Monitoring and recovery features

sprint · January 19, 2015, 9:34pm

Hi, just wondering what are the monitoring and recovery features planned for Rockstor, and is there any sort of ETA?

suman · January 20, 2015, 5:26pm

What kind of monitoring would you like? SMART support will be added soon and we are also working on a ALERTs mechanism that shows them on the web-ui. But I suppose you may be talking about different kind of support. Please elaborate.

Similarly, I’d like to hear ideas about recovery. You may be referring to recovery from failed drives etc… Please elaborate.

As of now, there are no issues in any of our milestones, but I hope to add them to our roadmap based on what users want.

sprint · January 20, 2015, 10:41pm

Well, in addition to SMART, also filesystem read/write/checksum errors and other btrfs related messages in the system log and periodic scrub (I know you can currently schedule the scrub but the results are not monitored) and device stats. Plus general system health indicators e.g. temperature; cpu, memory & network utilisation; process monitoring. These need alerts when there is an issue, plus summary reports to pick up developing issues.
There should be remote alerts, e.g. email and SNMP as not many people are going to be monitoring the web-ui very often.
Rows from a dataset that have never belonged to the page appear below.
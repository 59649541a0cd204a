// A table's records, one a rule.

ghost use Rattle.std.specs.Prelude.{◌≡◌, ◌+◌, ◌≤◌, ◌<◌, length};
ghost use Rattle.rules.specs.RuleTable.{items_from, most_items, most_rules, rule_at, rule_length};
ghost use Rattle.rules.specs.TableStands.{ReadsTable, RulesRead, is_rule, rule_read};
ghost use Rattle.rules.specs.OneTable.{RulesRead-prop};

use crate::items::{REST, item_at};
use rows::bytes::two_bytes;
use rows::head::AT_KIND;

pub const MOST_RULES: usize = 256;

// Where each rule begins, and where the last one ends.
pub const MOST_STARTS: usize = MOST_RULES + 1;

pub const MOST_ITEMS: usize = 16;

const RULE_KIND: usize = 272;

// Behind a record's length and kind.
pub const AT_ITEMS: usize = 4;

// A well-formed table of rules, and where each rule's record begins.
#[derive(Clone, Copy)]
pub struct RuleTable<'a> {
    pub bytes: &'a [u8],
    pub starts: &'a [usize],
    pub count: usize,
    ghost read: { RulesRead bytes.now count starts.now } by { RulesRead-prop bytes.now count starts.now },
}

// The bytes from `begin` to `end` are the items of a rule.
fn items_fill(table: &[u8], end: usize, begin: usize) -> bool
    requires { (begin ≤ end) × (end ≤ length table.now) }
    ensures { result ≡ is_rule (items_from table.now end most_items begin) }
{
    let mut at = begin;
    let mut count: usize = 0;
    while at < end {
        if count == MOST_ITEMS {
            return false;
        }
        if table[at] == REST {
            return at + 1 == end;
        }
        let found = item_at(table, end, at);
        let Some(next) = found else {
            return false;
        };
        at = next;
        count += 1;
    }
    true
}

// Where the rule's record that begins at a byte offset ends, if it is well formed.
pub fn rule_at(table: &[u8], at: usize) -> Option<usize>
    requires { at ≤ length table.now }
    ensures { result ≡ rule_read (at + rule_length table.now at) (rule_at table.now at) }
{
    if table.len() - at < AT_ITEMS {
        return None;
    }
    if two_bytes(table, at + AT_KIND) != RULE_KIND {
        return None;
    }
    let size = two_bytes(table, at);
    if size <= AT_ITEMS {
        return None;
    }
    if table.len() - at < size {
        return None;
    }
    let end = at + size;
    if items_fill(table, end, at + AT_ITEMS) {
        return Some(end);
    }
    None
}

// How many rules a well-formed table has: `starts` gets where each one's record begins, and behind them where the last one ends.
pub fn read_table(table: &[u8], starts: &mut [usize]) -> Option<usize>
    requires { most_rules < length starts.old }
    ensures { ReadsTable table.now result starts.new }
{
    let mut at = 0;
    let mut count: usize = 0;
    starts[0] = 0;
    while at < table.len() {
        if count == MOST_RULES {
            return None;
        }
        let rule = rule_at(table, at);
        let Some(end) = rule else {
            return None;
        };
        count += 1;
        starts[count] = end;
        at = end;
    }
    Some(count)
}
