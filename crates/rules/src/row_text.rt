// A row as rules see its tokens.

ghost use Rattle.rules.specs.RowSeen.{SomeRow};

// The kinds and byte offsets of a row's tokens, and the file in which their words stand.
#[derive(Clone, Copy)]
pub struct RowText<'a> {
    pub file: &'a [u8],
    pub kinds: &'a [u8],
    pub places: &'a [u32],
    ghost seen: { ∥ SomeRow file.now kinds.now places.now ∥₁ },
}
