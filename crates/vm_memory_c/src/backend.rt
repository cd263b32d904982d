//! The handle of a vhost-user back end's connection: a pointer to it.
ghost use Rattle.std.specs.Prelude.{◌≡◌, Option, Some, None, IsSome};
ghost use Rattle.vhost_user.specs.Connection.{Connection};
ghost use Rattle.vm_memory_c.specs.Backend.{backend_owns};

use crate::raw_box::RawBox;
use std::alloc::Global;
use std::marker::Model;
use std::ptr::null_mut;
use vhost_calls::BackendReqHandler;

/// A pointer to a connection, if it is open.
#[repr(C)]
#[derive(Drop)]
pub struct Backend {
    at: *mut u8,
    alloc: Global,
    pub ghost state: { Option Connection },
}

impl Model for Backend {
    ghost also_owns = { λ h. backend_owns h.at h.state };
}

impl Backend {
    // A handle of no connection.
    pub(crate) fn closed(alloc: Global) -> Backend
        ensures { result.state ≡ None }
    {
        Backend {
            at: null_mut(),
            alloc,
        }
    }

    // The handle of a connection.
    pub(crate) fn of(connection: RawBox<BackendReqHandler, Global>) -> Backend
        ensures { result.state ≡ Some connection.value }
    {
        let RawBox { at, alloc } = connection;
        Backend {
            at: at as *mut u8,
            alloc,
        }
    }

    // The connection of a handle.
    pub(crate) fn into_raw_box(self) -> RawBox<BackendReqHandler, Global>
        requires { IsSome self.state }
        ensures { Some result.value ≡ self.state }
    {
        let Backend { at, alloc } = self;
        RawBox {
            at: at as *mut BackendReqHandler,
            alloc,
        }
    }
}
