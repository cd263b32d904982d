//! A back end's connection with a vhost-user front end, for C: opens one, calls it, and closes it.
ghost use Rattle.std.specs.Prelude.{◌≡◌, Some, None, IsSome, Ok};
ghost use Rattle.vhost_message.specs.Stream.{wanted};
ghost use Rattle.vhost_calls.specs.Calls.{ChangesConfig, Gives, Handles, Sends, Stops, pages_at, refusal_of, region_at};
ghost use Rattle.vhost_calls.specs.Calls.{reply_of, vring_at, wanted_of};
ghost use Rattle.vhost_calls.specs.Channel.{access_at, access_fail_of, answered, config_change, miss_of};
ghost use Rattle.vhost_calls.specs.Values.{connection_state};
ghost use Rattle.vm_memory_c.specs.Vhost.{OpensAt, StaysOpen};

use crate::backend::Backend;
use crate::raw_box::RawBox;
use std::alloc::Global;
use std::mem;
use vhost_calls::{
    BackendReqHandler, VhostOffer, VhostPages, VhostRegion, VhostRequest, VhostState, VhostVring,
    VhostWanted, code,
};

// Takes the connection of an open handle, which is closed until it is put back.
fn take(alloc: Global, connection: &mut Backend) -> Box<BackendReqHandler>
    requires { IsSome connection.old.state }
    ensures held { Some result.value ≡ connection.old.state }
    ensures closed { connection.new.state ≡ None }
{
    let handle = mem::replace(connection, Backend::closed(alloc));
    handle.into_raw_box().into_box()
}

fn put(connection: &mut Backend, held: Box<BackendReqHandler>)
    ensures { connection.new.state ≡ Some held.value }
{
    *connection = Backend::of(RawBox::of(held));
}

/// Opens a connection with nothing negotiated, and puts its handle into `connection`, which has to be closed or new.
/// The configuration has at most 256 bytes. Returns 0; or `VHOST_OFFER` or `MEMORY`, and then the handle stays.
#[unsafe(no_mangle)]
pub extern "C" fn vmm_vhost_open(
    alloc: Global,
    connection: &mut Backend,
    offer: &VhostOffer,
    config: &[u8],
) -> u32
    ensures { OpensAt offer.now config.now connection.old.state result connection.new.state }
{
    let made = match vhost_calls::open(alloc, offer, config) {
        Ok(made) => made,
        Err(code) => return code,
    };
    match Box::new(alloc, made) {
        Ok(held) => {
            put(connection, held);
            code::DONE
        }
        Err(_) => code::MEMORY,
    }
}

/// Says what is still to come of a message that begins with these bytes. It needs no connection.
#[unsafe(no_mangle)]
pub extern "C" fn vmm_vhost_wanted(start: &[u8], rest: &mut VhostWanted) -> u32
    ensures gives { Gives (wanted_of start.now) rest.old result rest.new }
    ensures cuts { result ≡ 0 → wanted start.now ≡ Ok rest.new.bytes }
{
    vhost_calls::wanted(start, rest)
}

/// Takes a message and how many descriptors came with it, and puts into `request` what it asks for. If it is refused,
/// nothing changes.
#[unsafe(no_mangle)]
pub extern "C" fn vmm_vhost_handle(
    alloc: Global,
    connection: &mut Backend,
    message: &[u8],
    descriptors: usize,
    request: &mut VhostRequest,
) -> u32
    requires { IsSome connection.old.state }
    ensures { StaysOpen connection.old.state connection.new.state
        (λ old new. Handles old message.now descriptors request.old result request.new new) }
{
    let mut held = take(alloc, connection);
    let code = vhost_calls::handle(&mut held, message, descriptors, request);
    put(connection, held);
    code
}

/// Puts the reply to a message that was taken and done to the front of the output, if it has room, and returns how many
/// bytes the reply has: 0 if none is due, and at most 280.
#[unsafe(no_mangle)]
pub extern "C" fn vmm_vhost_reply(
    alloc: Global,
    connection: &mut Backend,
    message: &[u8],
    output: &mut [u8],
) -> usize
    requires { IsSome connection.old.state }
    ensures { StaysOpen connection.old.state connection.new.state
        (λ old new. (new ≡ old) × Sends (reply_of old message.now) output.old result output.new) }
{
    let held = take(alloc, connection);
    let count = vhost_calls::reply(&held, message, output);
    put(connection, held);
    count
}

/// Puts the reply to a message that was refused or could not be done to the front of the output, as `vmm_vhost_reply`.
#[unsafe(no_mangle)]
pub extern "C" fn vmm_vhost_refuse(
    alloc: Global,
    connection: &mut Backend,
    message: &[u8],
    output: &mut [u8],
) -> usize
    requires { IsSome connection.old.state }
    ensures { StaysOpen connection.old.state connection.new.state
        (λ old new. (new ≡ old) × Sends (refusal_of old message.now) output.old result output.new) }
{
    let held = take(alloc, connection);
    let count = vhost_calls::refuse(&held, message, output);
    put(connection, held);
    count
}

/// Sets the index at which a stopped ring goes on.
#[unsafe(no_mangle)]
pub extern "C" fn vmm_vhost_stop(
    alloc: Global,
    connection: &mut Backend,
    index: u32,
    base: u32,
) -> u32
    requires { IsSome connection.old.state }
    ensures { StaysOpen connection.old.state connection.new.state (λ old new. Stops old index base result new) }
{
    let mut held = take(alloc, connection);
    let code = vhost_calls::stop(&mut held, index, base);
    put(connection, held);
    code
}

/// Replaces bytes of the configuration from an offset on.
#[unsafe(no_mangle)]
pub extern "C" fn vmm_vhost_change_config(
    alloc: Global,
    connection: &mut Backend,
    offset: u32,
    bytes: &[u8],
) -> u32
    requires { IsSome connection.old.state }
    ensures { StaysOpen connection.old.state connection.new.state
        (λ old new. ChangesConfig old offset bytes.now result new) }
{
    let mut held = take(alloc, connection);
    let code = vhost_calls::change_config(&mut held, offset, bytes);
    put(connection, held);
    code
}

/// Puts a ring as it is to be served into `vring`, or says why it is not to be served.
#[unsafe(no_mangle)]
pub extern "C" fn vmm_vhost_running(
    alloc: Global,
    connection: &mut Backend,
    index: u32,
    vring: &mut VhostVring,
) -> u32
    requires { IsSome connection.old.state }
    ensures { StaysOpen connection.old.state connection.new.state
        (λ old new. (new ≡ old) × Gives (vring_at old index) vring.old result vring.new) }
{
    let held = take(alloc, connection);
    let code = vhost_calls::running(&held, index, vring);
    put(connection, held);
    code
}

/// Puts a region of the memory into `region`, or says that no region has this number.
#[unsafe(no_mangle)]
pub extern "C" fn vmm_vhost_region(
    alloc: Global,
    connection: &mut Backend,
    number: usize,
    region: &mut VhostRegion,
) -> u32
    requires { IsSome connection.old.state }
    ensures { StaysOpen connection.old.state connection.new.state
        (λ old new. (new ≡ old) × Gives (region_at old number) region.old result region.new) }
{
    let held = take(alloc, connection);
    let code = vhost_calls::region(&held, number, region);
    put(connection, held);
    code
}

/// Puts the pages that are marked in the log for so many bytes of guest memory from an address on into `pages`, or says
/// that the log has no bit for one of them.
#[unsafe(no_mangle)]
pub extern "C" fn vmm_vhost_logged(
    alloc: Global,
    connection: &mut Backend,
    address: u64,
    len: u64,
    pages: &mut VhostPages,
) -> u32
    requires { IsSome connection.old.state }
    ensures { StaysOpen connection.old.state connection.new.state
        (λ old new. (new ≡ old) × Gives (pages_at old address len) pages.old result pages.new) }
{
    let held = take(alloc, connection);
    let code = vhost_calls::logged(&held, address, len, pages);
    put(connection, held);
    code
}

/// Puts the message of a MISS for an address and an access, 1 to read, 2 to write, 3 for both, to the front of the
/// output, as `vmm_vhost_reply`. It needs no connection.
#[unsafe(no_mangle)]
pub extern "C" fn vmm_vhost_miss(iova: u64, access: u32, output: &mut [u8]) -> usize
    ensures { Sends (miss_of iova (access_at access)) output.old result output.new }
{
    vhost_calls::miss(iova, access, output)
}

/// Puts the message of an ACCESS_FAIL to the front of the output, as `vmm_vhost_miss`.
#[unsafe(no_mangle)]
pub extern "C" fn vmm_vhost_access_fail(iova: u64, access: u32, output: &mut [u8]) -> usize
    ensures { Sends (access_fail_of iova (access_at access)) output.old result output.new }
{
    vhost_calls::access_fail(iova, access, output)
}

/// Puts the message that the configuration changed to the front of the output, as `vmm_vhost_miss`.
#[unsafe(no_mangle)]
pub extern "C" fn vmm_vhost_config_change(output: &mut [u8]) -> usize
    ensures { Sends config_change output.old result output.new }
{
    vhost_calls::config_change(output)
}

/// Puts the number in a reply that came on the back end's own channel into `value`, or says why it is none.
#[unsafe(no_mangle)]
pub extern "C" fn vmm_vhost_answered(message: &[u8], value: &mut u64) -> u32
    ensures { Gives (answered message.now) value.old result value.new }
{
    vhost_calls::answered(message, value)
}

/// Puts what was negotiated into `state`.
#[unsafe(no_mangle)]
pub extern "C" fn vmm_vhost_state(alloc: Global, connection: &mut Backend, state: &mut VhostState)
    requires { IsSome connection.old.state }
    ensures { StaysOpen connection.old.state connection.new.state
        (λ old new. (new ≡ old) × (state.new ≡ connection_state old)) }
{
    let held = take(alloc, connection);
    *state = vhost_calls::state(&held);
    put(connection, held);
}

/// Puts the configuration, which a front end may have written to, to the front of the output, as `vmm_vhost_reply`.
#[unsafe(no_mangle)]
pub extern "C" fn vmm_vhost_config(
    alloc: Global,
    connection: &mut Backend,
    output: &mut [u8],
) -> usize
    requires { IsSome connection.old.state }
    ensures { StaysOpen connection.old.state connection.new.state
        (λ old new. (new ≡ old) × Sends old.config output.old result output.new) }
{
    let held = take(alloc, connection);
    let count = vhost_calls::config(&held, output);
    put(connection, held);
    count
}

/// Closes an open connection, and frees all that it has.
#[unsafe(no_mangle)]
pub extern "C" fn vmm_vhost_close(alloc: Global, connection: &mut Backend)
    requires { IsSome connection.old.state }
    ensures { connection.new.state ≡ None }
{
    drop(take(alloc, connection));
}
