//! The handle of a connection of a block device: a pointer to it.
ghost use Rattle.std.specs.Prelude.{◌≡◌, Option, Some, None, IsSome};
ghost use Rattle.vhost_backend.specs.declared.block_connection.BlockConnection.{BlockConnection};
ghost use Rattle.vm_memory_c.specs.BlockHandle.{block_owns};

use crate::raw_box::RawBox;
use std::alloc::Global;
use std::marker::Model;
use std::ptr::null_mut;
use vhost_backend::BlockConnection;

/// A pointer to a connection, if it is open.
#[repr(C)]
#[derive(Drop)]
pub struct BlockHandle {
    at: *mut u8,
    alloc: Global,
    pub ghost state: { Option BlockConnection },
}

impl Model for BlockHandle {
    ghost also_owns = { λ h. block_owns h.at h.state };
}

impl BlockHandle {
    // A handle of no connection.
    pub(crate) fn closed(alloc: Global) -> BlockHandle
        ensures { result.state ≡ None }
    {
        BlockHandle {
            at: null_mut(),
            alloc,
        }
    }

    // The handle of a connection.
    pub(crate) fn of(connection: RawBox<BlockConnection, Global>) -> BlockHandle
        ensures { result.state ≡ Some connection.value }
    {
        let RawBox { at, alloc } = connection;
        BlockHandle {
            at: at as *mut u8,
            alloc,
        }
    }

    // The connection of a handle.
    pub(crate) fn into_raw_box(self) -> RawBox<BlockConnection, Global>
        requires { IsSome self.state }
        ensures { Some result.value ≡ self.state }
    {
        let BlockHandle { at, alloc } = self;
        RawBox {
            at: at as *mut BlockConnection,
            alloc,
        }
    }
}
As for recovery, there should be a guided system for replacing a failed drive. Something that a technically minded person with no specific knowledge of btrfs or Rockstor could do. Also hot-spare features. (This can be done by having a full drives spare capacity in the pool and triggering a balance if a device fails, or by having a spare drive which gets added in to the pool on failure in which case the spare can be shared between multiple pools.)
Note that after an error the pool may not be mountable normally, so there should be provision to mount the pool degraded, recovery or RO as necessary, along with temporarily switching off exports relating to the pool or turning them RO.
In case of filesystem corruption it may be necessary to run brtfschk, but I would hesitate to add that in to the web-ui, as it can also make problems worse. Support for btrfs-recover to copy files to a new pool would be good.
There is also a need for backup & restore of Rockstor settings etc. Maybe it would be a good idea to store a copy in each pool under the root or a special subvolume, to allow for easy recovery if the system needs to be reinstalled, but the pool devices are OK.

suman · January 21, 2015, 1:28pm

Thanks for great feedback sprint You’ve raised many possibilities here and I think we should approach this piecemeal. Naturally, we’d like to do more critical things(bearing in mind current state of BTRFS) before the other ones.

Lack of recovery(guided disk replacement) support has bothered us from the beginning given the criticality of data recovery. so, I think that category of features should be driven first. We’ve definitely arrived at a higner level of btrfs stability to test recovery usecases(at least for up to raid5) again and implement necessary support. I’ll create appropriate issues on github soon. (feel free to add your own if you like)

The second category of recovery you mention is the recovery of Rockstor state. There’s already an issue for that: https://github.com/rockstor/rockstor-core/issues/392 We hope to get to it soon. Thanks for suggesting some implementation ideas.

My last thought is about SNMP. We’ve added support for SNMP. Have you tried using it? It may be inadequate in which case let us know how we can improve its usability.

You’ve also mentioned many other things in great detail in your comment. We are sure to refer back to it as we continue development.